NEW YORK – Individuals with COVID-19 may carry a collection of SARS-CoV-2 viruses with a range of potentially informative genetic variants, according to a new genome sequence-based analysis by a Case Western Reserve University-led team.

"Our work brings attention to the complexity of infectious diseases that is often oversimplified when considering only the most abundant virus in an infection, and we demonstrate the importance of examining the variations that are historically considered noise," first author Ernest Chan, bioinformatics core director at Case Western Reserve School of Medicine's Cleveland Institute for Computational Biology, said in a statement.

More than 1.8 million SARS-CoV-2 genomes were housed in international sequence databases by the spring of 2021, the team noted, and ongoing research has illustrated the extent to which the increasingly diverse forms of SARS-CoV-2 that have evolved appear to impact everything from its transmissibility and ability to dodge vaccine protection to COVID-19 severity and the accuracy of diagnostic tests.

For a paper appearing in PLOS Genetics on Friday, the researchers did whole-genome sequencing on more than 250 SARS-CoV-2 isolates from patients or healthcare workers in the VA Northeast Ohio Healthcare System, analyzing the sequences alongside 110 additional SARS-CoV-2 genomes reported in international sequence repositories such as NextStrain and the "Global Initiative on Sharing All Influenza Data" (GISAID).

"Data provided through [GISAID] and NextStrain provides a continuously updating report on SARS-CoV-2 lineage classification and illustrates that an apparently low mutation rate is no guarantee that the virus will exhibit limited capacity for variation, particularly once it has become so widely dispersed through millions of infections a day," the authors explained, adding that "[a] further potential source of sequence complexity includes involvement of more than one variant in an individual infection."

By incorporating ambiguity code data for previously reported viral sequences, the researchers saw "significant within-host infection diversity," with complex SARS-CoV-2 sequence collections infecting and being passed between individuals. Their results pointed to multiple versions of SARS-CoV-2 in each of the COVID-19 cases considered.

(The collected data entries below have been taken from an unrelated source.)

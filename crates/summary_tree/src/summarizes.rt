//! What a node keeps of the items below it, made of what its sides keep.

ghost use Rattle.std.specs.Prelude.{◌≡◌, ◌↔◌, IsTrue, List, [], ◌∷◌, ◌++◌};

/// A summary of a list of items. `IsOf` says whether it is one of that list: a list may have several.
pub trait Summarizes<T>: Copy {
    ghost one: { T → Self };

    ghost join: { Self → Self → Self };

    ghost IsOf: { Self → List T → Type 0 };

    /// The summary of one item.
    fn of_one(item: &T) -> Self
        ensures { result ≡ one item.now };

    /// The summary of items and of those after them.
    fn join(&self, later: &Self) -> Self
        ensures { result ≡ join self.now later.now };

    /// The summary of an item and of those after it.
    fn with_first(&self, item: &T) -> Self
        ensures { result ≡ join (one item.now) self.now };

    /// Whether the two are one summary.
    fn is_same(&self, other: &Self) -> bool
        ensures { IsTrue result ↔ (self.now ≡ other.now) };

    /// The law of summaries. It does nothing: a proof that needs the law has it by a call.
    fn summaries_add_up()
        ensures one { (x : T) → IsOf (one x) (x ∷ []) }
        ensures join { (s t : Self) (xs ys : List T) → IsOf s xs → IsOf t ys → IsOf (join s t) (xs ++ ys) };
}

By digging into these heterogeneous viral mixtures, the group got a glimpse at SARS-CoV-2 evolution within the context of COVID-19 dynamics and viral transmission events.

From these and other results, the researchers argued that consensus genome sequence reporting may inadvertently miss the full viral diversity involved in individual COVID-19 infections, while potentially underestimating the complexity behind the transmission of SARS-CoV-2 strains and variants.

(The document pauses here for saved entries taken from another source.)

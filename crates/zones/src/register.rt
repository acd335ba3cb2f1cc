//! The calls of an atomic register's judge.

ghost use Rattle.std.specs.Prelude.{◌≡◌, ◌↔◌, ◌||◌, ◌+◌, ◌*◌, ◌≤◌, All, length, IsOk, ◌++◌, ◌∷◌, [], Contains, IfOk, IfSome, IsSome, IsNone, IsSomeAnd, IsTrue, OnOk, OnErr, None, Some, is_some, option_map};
ghost use Rattle.intervals.specs.Operation.{IsWrite, writes};
ghost use Rattle.intervals.specs.Edit.{op_of, edited};
ghost use Rattle.intervals.specs.Target.{IsTargetOf};
ghost use Rattle.intervals.specs.Terms.{terms_of, state_of};
ghost use Rattle.intervals.specs.Kind.{IsAtomic};
ghost use Rattle.intervals.specs.Refusal.{first_refusal, write_refusal, reply_to, ok_unless};
ghost use Rattle.intervals.specs.Standing.{HasDistinctMoments, HasEndsAfterBeginnings};
ghost use Rattle.intervals.specs.Table.{prepared_after};
ghost use Rattle.zone_tree.specs.Conflict.{IsClean};
ghost use Rattle.zone_tree.specs.Digits.{binary_digits};
ghost use Rattle.zones.specs.AtFirst.{first_split, initial_of, start_of, unwritten_of};
ghost use Rattle.zones.specs.Cluster.{values_from, zone_of, zones_from};
ghost use Rattle.zones.specs.Crossing.{HasFirstConflictFrom, IsFirstCrossingFrom};
ghost use Rattle.zones.specs.Fault.{IsFaultless, first_early};
ghost use Rattle.zones.specs.Index.{AreMembers};
ghost use Rattle.zones.specs.Members.{IsChange};
ghost use Rattle.zones.specs.Zoned.{judged_part, value_in, other_value};

use crate::crossing::{Crossing, extremes, is_initial};
use crate::edges::edges_after;
use crate::index::Members;
use crate::laws::{faultless_exactly_where_arranged, faultless_where_no_fault_is_first};
use crate::moves::exchange;
use crate::records::Records;
use crate::stretch::{
    first_early, first_split, first_writeless, has_early, has_split, has_writeless, sole_value,
    stretches_in,
};
use crate::stretch_moves::exchange_stretches;
use crate::writes::check_write;
use crate::zone_in::{initial_zone, zone_in, zones_in};
use intervals::{
    Claim, Edit, Kind, Memory, Op, OpId, OpTable, Refusal, Target, Value, is_same_value,
};
use std::alloc::Global;
use std::marker::Model;
use zone_tree::{StretchTree, Zone, ZoneTree};

/// The operations of one atomic register, with the clusters of their values.
#[derive(Drop)]
pub struct Clusters<'t> {
    claim: Claim,
    table: OpTable<'t>,
    members: Members,
    records: Records,
    zones: ZoneTree,
    stretches: StretchTree,
}

impl<'t> Model for Clusters<'t> {
    ghost use Rattle.intervals.specs.Terms.{terms_of};
    ghost use Rattle.zones.specs.Together.{ClustersModel, AreOfOneRegister};

    ghost Value = { ClustersModel };

    ghost view = { λ c. record { claim = terms_of c.claim; ops = c.table.ops; prepared = c.table.prepared; steps = c.zones.steps } };

    ghost invariant = { λ c. AreOfOneRegister (terms_of c.claim) c.table c.members c.records c.zones c.stretches };
}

"Our work brings attention to the complexity of infectious diseases that is often over-simplified when considering only the most abundant virus in an infection, and we demonstrate the importance of examining the variations that are historically considered noise," Chan said, noting that "genetic variants observed in low frequency in SARS-CoV-2 infections can be early indicators of new strains responsible for later transmission surges."

More generally, the authors explained, "[a]dequately addressing the under-reporting of infection complexity represented in data repositories has significant potential to alter vitally important characteristics of infectious diseases, including assessment of drug treatment efficacy and resistance and vaccine escape."

Even so, they cautioned that the SARS-CoV-2 conclusions in the current study are based on a small set of COVID-19 cases, which did not allow for more detailed analyses on heterogeneous viral mixtures in specific patient subgroups, such as individuals with distinct genetic susceptibilities, treatment histories, or varying infection lengths and experiences.